# good for party photo ops



## debbie5 (Mar 2, 2007)

Just found this online & realized you could make it out of scrap cardboard!!
Amazon.com: Medieval Stockade Photo Prop: Toys & [email protected]@[email protected]@http://ecx.images-amazon.com/images/I/[email protected]@[email protected]@41V1KhPoBDL


----------



## ouizul1 (May 22, 2010)

Hey, that's great! We don't throw parties, but something like that might be an interesting addition at the entrance to the haunt...or at the candy collection point. A couple of "Take your picture here" things...awesome!


----------



## trishaanne (Aug 20, 2005)

That's a good idea.

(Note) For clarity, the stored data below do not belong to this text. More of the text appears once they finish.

//! Makes the survey of a wiring.
ghost use Rattle.std.specs.Prelude.{◌≡◌, IfOk};
ghost use Rattle.lengths.specs.Pairs.{FilledIn, PairKept};
ghost use Rattle.survey.specs.Surveyed.{NodeTold, PlaceTold, Rows, Surveyed};

use crate::{LeadRow, NodeRow, Survey, SurveyError};
use delay::Delay;
use lengths::check::check;
use lengths::pair::LengthPair;
use lengths::table::Lengths;
use std::alloc::{AllocError, Global};
use wiring::Wiring;

// A row for each node.
fn node_rows<D: Delay, W: Wiring<D>>(
    heap: Global,
    w: &W,
    lengths: &mut LengthPair<D>,
) -> Result<Vec<NodeRow<D>>, AllocError>
    requires { FilledIn D.Delay.kind (W.Wiring.net w.now) lengths.old }
    ensures rows { IfOk result (λ v. Rows (NodeTold D.Delay.kind (W.Wiring.net w.now)) v.items (W.Wiring.net w.now).nodes) }
    ensures kept { PairKept lengths.old lengths.new }
{
    let mut rows = Vec::new(heap);
    for node in 0..w.nodes() {
        rows.push(NodeRow {
            to: lengths.to.at(node),
            from: lengths.from.at(node),
        })?;
    }
    Ok(rows)
}

// The row of a place.
fn place_row<D: Delay, W: Wiring<D>>(
    w: &W,
    lengths: &mut LengthPair<D>,
    place: usize,
) -> Option<LeadRow<D>>
    requires { FilledIn D.Delay.kind (W.Wiring.net w.now) lengths.old }
    ensures row { PlaceTold D.Delay.kind (W.Wiring.net w.now) place result }
    ensures kept { PairKept lengths.old lengths.new }
{
    let lead = w.lead(place)?;
    let (drains, fed) = lengths.classify(w, place)?;
    let longest = lengths.longest_through(w, place)?;
    Some(LeadRow {
        lead,
        drains,
        fed,
        longest,
    })
}

// A row for each place.
fn place_rows<D: Delay, W: Wiring<D>>(
    heap: Global,
    w: &W,
    lengths: &mut LengthPair<D>,
) -> Result<Vec<Option<LeadRow<D>>>, AllocError>
    requires { FilledIn D.Delay.kind (W.Wiring.net w.now) lengths.old }
    ensures { IfOk result (λ v. Rows (PlaceTold D.Delay.kind (W.Wiring.net w.now)) v.items (W.Wiring.net w.now).places) }
{
    let mut rows = Vec::new(heap);
    for place in 0..w.places() {
        rows.push(place_row(w, lengths, place))?;
    }
    Ok(rows)
}

/// Surveys a wiring for a kind of delay.
pub fn survey_of<D: Delay, W: Wiring<D>>(heap: Global, w: &W) -> Result<Survey<D>, SurveyError>
    ensures { Surveyed D.Delay.kind (W.Wiring.net w.now) result }
{
    // first, since the tables below are as long as the node count says
    check(w)?;
    let mut to_row = vec![in heap; D::zero(); w.nodes()]?;
    let mut from_row = vec![in heap; D::zero(); w.nodes()]?;
    let mut lengths = LengthPair {
        to: Lengths::new(to_row.as_mut_slice()),
        from: Lengths::new(from_row.as_mut_slice()),
    };
    let longest = lengths.work_out(w)?;
    let nodes = node_rows(heap, w, &mut lengths)?;
    let places = place_rows(heap, w, &mut lengths)?;
    Ok(Survey {
        nodes,
        places,
        longest,
    })
}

The one I use is a piece of plywood, full size, with a female zombie painted onto it. There is a hole cut out under her hand where you put your head. It looks like she is holding the head, which is cool. It is at the end of the haunt and it says "I made it through Manuel Manor and came out a head!"
Get it!!! I actually stole the idea from Evil Bob and Holly years ago.


----------



## debbie5 (Mar 2, 2007)

Ooooo..I like that "came out a head!" saying! Gotta go see if I can find free cardboard/a refrigerator box at local appliance shop!


----------



## Booo (Sep 11, 2011)

Trishaanne, do you have a photo of that head-holding zombie? I'd love to make something like that for my party this year and I just happen to have some large cardboard that would work great


----------



## scareme (Aug 29, 2006)

I've had photo op places for a couple years. Unless someone stands near by and points it out no one uses it. But if I stand there and say "Want to take a picture?" or "Photo?" (that's as good as my Spanish gets) people line up for it. Why are my tots the slow ones? This year I'm going to be short of help so I'm just going to put up signs saying Photo Op and hope they figure it out.


----------